How Do You Know When You Are In Love? Different Types of Love: passive love and active love; love at first sight. Published on April 25, 2013 by Philippa Perry in How to Stay Sane
Excerpt: “There are other factors that add to this falling in love feeling – unromantic things such as a complimentary immune system that we instinctively recognise via our olfactory systems…”
My comment: In our award-winning 2001 Neuroendocrinology Letters review: ‘Human pheromones: integrating neuroendocrinology and ethology,’we wrote:
“The ‘affective primacy hypothesis’ [5] asserts that positive and negative affective reactions can be evoked with minimal stimulus input and virtually no cognitive processing. Olfactory signals seem to induce emotional reactions whether or not a chemical stimulus is consciously perceived. We theorize that the importance of human non-verbal signals is based upon information processing, which occurs in the limbic system, and without any cognitive (cortical) assessment. Affect thus does not require conscious interpretation of signal content. Underlying this fact is that affect dominates social interaction and it is the major currency in social interactions [6].”

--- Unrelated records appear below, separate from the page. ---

// A pair table that reaches a row by probing from a place that its three numbers give.
#![tactic(auto)]

ghost use Rattle.std.specs.Prelude.{◌≡◌, ℕ, ◌+◌, ◌<◌, ◌≤◌, Bool, true, List, [], length, Some, None};
ghost use Rattle.pairs.specs.Gathering.{Tells};
ghost use Rattle.pairs.specs.Rows.{apart, all_small, in_force, Small};
ghost use Rattle.pairs.specs.Changes.{Added};
ghost use Rattle.probe_table.specs.declared.place.Place.{Place};
ghost use Rattle.probe_table.specs.Probing.{held, used, start, along, Reached, Located, First, Open, Same};
ghost use Rattle.std.proofs.Common.{rules};

mod place;

use crate::place::Place;
use cells::CellSet;
use pairs::gathering::gathered;
use pairs::row::{Link, PutRefusal, Row, judged};
use pairs::table::PairTable;

// How many rows there may be.
const LIMIT: usize = 256;

// How many places there are.
const PLACES: usize = 512;

// How many rows are put in before the places are laid out anew, without those of dropped rows.
const WORN: usize = 320;

// Up to 256 rows in 512 places. A dropped row's place is marked, so that rows further on are still reached.
// A place is reached by its number alone, so the places are an array: `count` and `spent` are no lengths of it.
// At most 320 places are not free at any time, so a search soon meets a free one, however many rows were put in and dropped.
#[derive(Drop)]
pub struct ProbeTable {
    places: [Place; PLACES],
    count: usize,
    spent: usize,
    ghost whole: { length places ≡ 512 },
    ghost counted: { count ≡ length (held places) },
    ghost few: { count ≤ 256 },
    ghost fresh: { spent ≤ 320 },
    ghost roomy: { used places ≤ spent },
    ghost differ: { apart (held places) ≡ true },
    ghost little: { all_small (held places) ≡ true },
    ghost reached: { Reached places },
}

// The place that is k further on from where the search for a link starts.
fn probe(link: Link, k: usize) -> usize
    requires { k < 512 }
    ensures place { result ≡ along link.relationship link.from link.to k }
    ensures below { result < 512 }
{
    let start = (link.relationship as usize * 29 + link.from as usize * 67 + link.to as usize * 131)
        % PLACES;
    (start + k) % PLACES
}

impl ProbeTable {
    // A table without rows.
    pub fn new() -> ProbeTable
        ensures rows { held result.places ≡ [] }
        ensures unspent { result.spent ≡ 0 }
    {
        ProbeTable {
            places: [Place::Free; PLACES],
            count: 0,
            spent: 0,
        }
    }

    // The first place on the way of a link at which the search stops, with what it is.
    fn first<F: Fn(&Place) -> bool>(&self, link: Link, stops: F) -> Option<(usize, Place)>
        requires { F.IsAlwaysCallable stops }
        ensures { (test : Place → Bool) → Tells F.Fn stops test → First test self.now.places link.relationship link.from link.to result }
    {
        (0..PLACES)
            .map(|k| {
                let place = probe(link, k);
                (place, self.places[place])
            })
            .find(|(_, here)| stops(here))
    }

    // The place and the instance of the row of a link.
    fn position(&self, link: Link) -> Option<(usize, u8)>
        ensures { Located self.now.places link.relationship link.from link.to result }
    {
        let (place, here) = self.first(link, |here| here.ends(link))?;
        let row = here.row()?;
        Some((place, row.instance))
    }

    // The first place on the way of a link that holds no row.
    fn room(&self, link: Link) -> usize
        requires { self.now.count < 256 }
        ensures { Open self.now.places link.relationship link.from link.to result }
    {
        let (place, _) = self.first(link, |here| !here.is_held()).unwrap();
        place
    }

    // Puts in a row that is good, is not there and has room.
    fn insert(&mut self, row: Row)
        requires fit { Small row }
        requires absent { in_force (held self.old.places) row.relationship row.from row.to ≡ None }
        requires room { self.old.count < 256 }
        requires unworn { self.old.spent < 320 }
        ensures added { Added (held self.old.places) row (held self.new.places) }
        ensures spends { self.new.spent ≡ self.old.spent + 1 }
    {
        let place = self.room(row.link());
        self.places[place] = Place::Held(row);
        self.count += 1;
        self.spent += 1;
    }

    // The same rows in fresh places.
    fn relaid(&self) -> ProbeTable
        ensures same { Same (held self.now.places) (held result.places) }
        ensures unspent { result.spent ≡ result.count }
    {
        let mut fresh = ProbeTable::new();
        for place in &self.places {
            if let Some(row) = place.row() {
                fresh.insert(row);
            }
        }
        fresh
    }

    // Lays the rows out anew once many rows have been put in.
    fn freshen(&mut self)
        requires { self.old.count < 256 }
        ensures same { Same (held self.old.places) (held self.new.places) }
        ensures unworn { self.new.spent < 320 }
    {
        if self.spent >= WORN {
            *self = self.relaid();
        }
    }
}

impl PairTable for ProbeTable {
    ghost rows = { λ t. held t.places };

    ghost limit = { λ t. 256 };

    ghost differ = { Prim.search rules };

    ghost little = { Prim.search rules };

    ghost within = { Prim.search rules };

    ghost bounds = { Prim.search rules };

    fn clear(&mut self) {
        *self = ProbeTable::new();
    }

    fn put(&mut self, row: Row) -> Result<(), PutRefusal> {
        judged(row, self.find(row.link()), self.count >= LIMIT)?;
        self.freshen();
        self.insert(row);
        Ok(())
    }

    fn drop_row(&mut self, link: Link) -> Option<u8> {
        let (place, instance) = self.position(link)?;
        self.places[place] = Place::Dropped;
        self.count -= 1;
        Some(instance)
    }

    fn find(&self, link: Link) -> Option<u8> {
        self.position(link).map(|(_, instance)| instance)
    }

    fn to_cells(&self, relationship: u8, from: u8) -> CellSet {
        gathered(&self.places, |place| {
            let row = place.row()?;
            row.leaves(relationship, from).then_some(row.to)
        })
    }

    fn instances(&self, relationship: u8, from: u8) -> CellSet {
        gathered(&self.places, |place| {
            let row = place.row()?;
            row.leaves(relationship, from).then_some(row.instance)
        })
    }

    fn count(&self) -> u16 {
        self.count as u16
    }

    fn limit(&self) -> u16 {
        LIMIT as u16
    }
}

If not for the unromantic reality of olfactory/pheromonal input, epigenetic effects on hormones, and affective primacy, more people might recognize their animalistic behaviors. They could then think before playing the fool in ‘love’ in one failed relationship after another.
Commitment merely involves thought and not acting like an animal. Clearly, that’s why some people can commit, and why others cannot.